Élevons-nous les uns, les autres
Intitulée Élévations, la proposition présentée les 11 et 12 avril, week-end d’ouverture de la Biennale, est coordonnée par Lieux Publics, Centre national de création en espace public, et portée par la Ville d’Aix-en-Provence. Et puisque l’Italie est à l’honneur de cette édition, c’est tout naturellement que le collectif a proposé à la compagnie du Lamparo de l’accompagner en musique. Manu Théron, fondateur de la compagnie et spécialiste des musiques traditionnelles, régionales et populaires de la Méditerranée, sera accompagné de douze musiciens venus d’Italie et d’Occitanie.
C’est sur deux lieux emblématiques de la ville, la fontaine de la Rotonde et le cours Mirabeau, que les acrobates ont choisi de s’élever. Pour préparer ce spectacle unique, un groupe restreint du collectif est venu faire un premier repérage pour « rêver fou », ensuite adapté en « rêver réaliste » pour se conformer aux contraintes de sécurité et aux autorisations obtenues, comme l’explique David Coll Povendano, membre du collectif. In fine, la trentaine d’acrobates dévolus à Élévations auront seulement trois jours pour écrire, apprendre le spectacle et « le mettre dans les corps ».

Voyages, voyages
Mais ces acrobates tout-terrain ne font pas que sublimer les paysages. Ils cherchent aussi à provoquer des rencontres, à révéler les quartiers considérés comme moins beaux, à mettre en lumière ce — et surtout ceux — qui sont moins visibles. Ils s’appuient sur les acteurs locaux, associations, structures sociales pour développer Les Voyages qui prennent la forme de propositions inattendues pour les habitants. David résume le concept : « notre idée, c’est de perturber le quotidien d’un territoire pendant cette semaine ». Ces rendez-vous impromptus seront proposés lors de la deuxième partie de la Biennale, en septembre.

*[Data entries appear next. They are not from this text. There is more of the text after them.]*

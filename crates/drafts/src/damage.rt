// Damages what is written: a list, a text or a stream.
use making::Dice;
use slices::{Output, back, front, get, low_byte, put};

// One of the signs, the byte that is there, or any byte.
fn draw_byte(dice: &mut Dice, signs: &[u8], there: u8) -> u8 {
    match dice.draw(6) {
        0 => there,
        1 | 2 => low_byte(dice.draw(256)),
        _ => get(signs, dice.draw(signs.len())),
    }
}

// The byte comes in so many times at a place.
fn put_in(draft: &mut Output, at: usize, count: usize, byte: u8) {
    let length = draft.length.saturating_add(count);
    let behind = back(front(draft.room, length), at);
    let fitting = count.min(behind.len());
    behind.rotate_right(fitting);
    behind[..fitting].fill(byte);
    draft.length = length;
}

fn take_out(draft: &mut Output, at: usize) {
    let behind = back(front(draft.room, draft.length.saturating_add(1)), at);
    if !behind.is_empty() {
        behind.copy_within(1.., 0);
    }
    draft.length = draft.length.saturating_sub(1);
}

// Two bytes change places.
fn exchange(draft: &mut Output, at: usize, other: usize) {
    let length = draft.room.len();
    if at < length && other < length {
        draft.room.swap(at, other);
    }
}

// One damage; the signs are bytes that mean something there.
fn harm(draft: &mut Output, dice: &mut Dice, signs: &[u8]) {
    let at = dice.draw(draft.length);
    let byte = draw_byte(dice, signs, get(draft.room, at));
    let other = dice.draw(draft.length);
    match dice.draw(7) {
        0 => take_out(draft, at),
        1 => exchange(draft, at, other),
        2 => put_in(draft, at, 1, byte),
        3 => put_in(draft, at, (other % 17).saturating_add(1), byte),
        4 => draft.length = at,
        _ => put(draft.room, at, byte),
    }
}

// A damage to one of so many, and to one of three of these a second.
pub fn harm_some(draft: &mut Output, dice: &mut Dice, signs: &[u8], of: usize) {
    if dice.is_one_in(of) {
        harm(draft, dice, signs);
        if dice.is_one_in(3) {
            harm(draft, dice, signs);
        }
    }
}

Des voyages offerts à tous et sur place donc, enfin presque, car ici encore, la poésie prend forme dans les corps. Tous les corps. Chacun est invité à s’envoler en étant porté. Un geste universel oublié des adultes, mais que l’on reçoit pourtant beaucoup durant l’enfance. Toujours avec bienveillance et avec l’accord des personnes, les acrobates vont « les porter, les soulever, les alléger de leur poids ». Un mouvement simple qui ouvre à l’inattendu : « on porte tranquillement des gens, mais on les porte jusqu’à des endroits qu’ils n’avaient jamais imaginés », explique David. Un mouvement qui mène aussi à l’émotion, car « ce langage corporel, non oral, permet d’écarter beaucoup de limites qu’on se met avec la parole ». Profitons du voyage, laissons-nous porter.